📜  clahe opencv - Python (1)

📅  最后修改于: 2023-12-03 15:14:09.683000             🧑  作者: Mango

CLAHE Opencv - Python

Introduction

CLAHE (Contrast Limited Adaptive Histogram Equalization) is a computer algorithm for enhancing the contrast of images. It is similar to the histogram equalization algorithm, but it limits the contrast enhancement in local regions. CLAHE prevents the over-enhancement of noise in regions with low contrast, and it also prevents the under-enhancement of regions with high contrast.

OpenCV provides an implementation of the CLAHE algorithm, which can be used in Python. In this tutorial, we will see how to use the CLAHE algorithm in OpenCV using Python.

Installation

To use the CLAHE algorithm in OpenCV, you first need to install OpenCV on your system. You can install OpenCV using pip, which is the Python package installer. Open a command prompt and run the following command to install OpenCV:

Syntax:

pip install opencv-python
Implementation

Before implementing the CLAHE algorithm in OpenCV, we need to import the necessary libraries. We will also read an image using OpenCV's imread() function.

import cv2
import numpy as np

# Reading the image
img = cv2.imread('input.jpg', cv2.IMREAD_GRAYSCALE)

# Displaying the image
cv2.imshow('Original Image', img)
cv2.waitKey(0)

In the above code, we have used the cv2.imread() function to read our input image. We have also used cv2.imshow() function to display the image on the screen.

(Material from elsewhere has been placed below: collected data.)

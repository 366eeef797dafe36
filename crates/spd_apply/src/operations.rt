//! The operations on two leaves.

ghost use Rattle.std.specs.Prelude.{◌≡◌, ◌+ℤ◌, ◌-ℤ◌, ◌*ℤ◌};
ghost use Rattle.std.specs.Int.{int_max, int_min};
ghost use Rattle.spd_apply.specs.Operations.{are_nums, num_of, num_fits, pair_of, are_pairs, first_greater, is_pair_and_num, kept_of};

use crate::leaf_op::LeafOp;
use spd_nodes::Leaf;

/// The sum of two Num, which fit where it is an `i128`.
#[derive(Clone, Copy, Debug)]
pub struct Add;

impl LeafOp for Add {
    ghost fits = { λ _ a b. num_fits (λ x y. x +ℤ y) a b };

    ghost of = { λ _ a b. num_of (λ x y. x +ℤ y) a b };

    fn fits(&self, a: Leaf, b: Leaf) -> bool {
        match (a, b) {
            (Leaf::Num(x), Leaf::Num(y)) => x.checked_add(y).is_some(),
            _ => false,
        }
    }

    fn of(&self, a: Leaf, b: Leaf) -> Leaf {
        match (a, b) {
            (Leaf::Num(x), Leaf::Num(y)) => Leaf::Num(x + y),
            _ => a,
        }
    }
}

/// The difference of two Num, which fit where it is an `i128`.
#[derive(Clone, Copy, Debug)]
pub struct Sub;

impl LeafOp for Sub {
    ghost fits = { λ _ a b. num_fits (λ x y. x -ℤ y) a b };

    ghost of = { λ _ a b. num_of (λ x y. x -ℤ y) a b };

    fn fits(&self, a: Leaf, b: Leaf) -> bool {
        match (a, b) {
            (Leaf::Num(x), Leaf::Num(y)) => x.checked_sub(y).is_some(),
            _ => false,
        }
    }

    fn of(&self, a: Leaf, b: Leaf) -> Leaf {
        match (a, b) {
            (Leaf::Num(x), Leaf::Num(y)) => Leaf::Num(x - y),
            _ => a,
        }
    }
}

/// The product of two Num, which fit where it is an `i128`.
#[derive(Clone, Copy, Debug)]
pub struct Mul;

impl LeafOp for Mul {
    ghost fits = { λ _ a b. num_fits (λ x y. x *ℤ y) a b };

    ghost of = { λ _ a b. num_of (λ x y. x *ℤ y) a b };

    fn fits(&self, a: Leaf, b: Leaf) -> bool {
        match (a, b) {
            (Leaf::Num(x), Leaf::Num(y)) => x.checked_mul(y).is_some(),
            _ => false,
        }
    }

    fn of(&self, a: Leaf, b: Leaf) -> Leaf {
        match (a, b) {
            (Leaf::Num(x), Leaf::Num(y)) => Leaf::Num(x * y),
            _ => a,
        }
    }
}

/// The greater of two Num.
#[derive(Clone, Copy, Debug)]
pub struct Max;

impl LeafOp for Max {
    ghost fits = { λ _ a b. are_nums a b };

    ghost of = { λ _ a b. num_of int_max a b };

    fn fits(&self, a: Leaf, b: Leaf) -> bool {
        match (a, b) {
            (Leaf::Num(_), Leaf::Num(_)) => true,
            _ => false,
        }
    }

    fn of(&self, a: Leaf, b: Leaf) -> Leaf {
        match (a, b) {
            (Leaf::Num(x), Leaf::Num(y)) => Leaf::Num(x.max(y)),
            _ => a,
        }
    }
}

/// The lesser of two Num.
#[derive(Clone, Copy, Debug)]
pub struct Min;

impl LeafOp for Min {
    ghost fits = { λ _ a b. are_nums a b };

    ghost of = { λ _ a b. num_of int_min a b };

    fn fits(&self, a: Leaf, b: Leaf) -> bool {
        match (a, b) {
            (Leaf::Num(_), Leaf::Num(_)) => true,
            _ => false,
        }
    }

    fn of(&self, a: Leaf, b: Leaf) -> Leaf {
        match (a, b) {
            (Leaf::Num(x), Leaf::Num(y)) => Leaf::Num(x.min(y)),
            _ => a,
        }
    }
}

/// The Pair of two Num.
#[derive(Clone, Copy, Debug)]
pub struct MakePair;

impl LeafOp for MakePair {
    ghost fits = { λ _ a b. are_nums a b };

    ghost of = { λ _ a b. pair_of a b };

    fn fits(&self, a: Leaf, b: Leaf) -> bool {
        match (a, b) {
            (Leaf::Num(_), Leaf::Num(_)) => true,
            _ => false,
        }
    }

    fn of(&self, a: Leaf, b: Leaf) -> Leaf {
        match (a, b) {
            (Leaf::Num(x), Leaf::Num(y)) => Leaf::Pair(x, y),
            _ => a,
        }
    }
}

/// Of two Pairs, the left one where its first number is at least the right one's, else the right one.
#[derive(Clone, Copy, Debug)]
pub struct PickFirst;

impl LeafOp for PickFirst {
    ghost fits = { λ _ a b. are_pairs a b };

    ghost of = { λ _ a b. first_greater a b };

    fn fits(&self, a: Leaf, b: Leaf) -> bool {
        match (a, b) {
            (Leaf::Pair(_, _), Leaf::Pair(_, _)) => true,
            _ => false,
        }
    }

    fn of(&self, a: Leaf, b: Leaf) -> Leaf {
        match (a, b) {
            (Leaf::Pair(x, _), Leaf::Pair(y, _)) => { if x < y { b } else { a } }
            _ => a,
        }
    }
}

/// Of a Pair and a Num, the Pair with the Num in second place where its first number is this one, else the Pair.
#[derive(Clone, Copy, Debug)]
pub struct Keep(pub u32);

impl LeafOp for Keep {
    ghost fits = { λ _ a b. is_pair_and_num a b };

    ghost of = { λ k a b. kept_of k.0 a b };

    fn fits(&self, a: Leaf, b: Leaf) -> bool {
        match (a, b) {
            (Leaf::Pair(_, _), Leaf::Num(_)) => true,
            _ => false,
        }
    }

    fn of(&self, a: Leaf, b: Leaf) -> Leaf {
        match (a, b) {
            (Leaf::Pair(number, old), Leaf::Num(new)) => {
                let kept = if number == self.0 as i128 { new } else { old };
                Leaf::Pair(number, kept)
            }
            _ => a,
        }
    }
}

Now, we will apply the CLAHE algorithm on the image using OpenCV's createCLAHE() function. This function creates a CLAHE object, which can be used to apply the CLAHE algorithm on the input image.

# Creating a CLAHE object
clahe = cv2.createCLAHE(clipLimit=2.0, tileGridSize=(8,8))

# Applying CLAHE on the image
img_clahe = clahe.apply(img)

# Displaying the image after CLAHE
cv2.imshow('CLAHE Image', img_clahe)
cv2.waitKey(0)

# Saving the image
cv2.imwrite('output.jpg', img_clahe)

In the above code, we have created a CLAHE object using cv2.createCLAHE() function. We have set the clipLimit parameter to 2.0, which limits the contrast enhancement. We have also set the tileGridSize parameter to (8,8), which defines the size of the tiles used for histogram equalization.

We have then applied the CLAHE algorithm on the input image using the apply() method of the CLAHE object. Finally, we have displayed and saved the CLAHE enhanced image.

Conclusion

In this tutorial, we have seen how to use the CLAHE algorithm in OpenCV using Python. We have learned how to install OpenCV, read an image, create a CLAHE object, apply the CLAHE algorithm on the image, and display and save the enhanced image.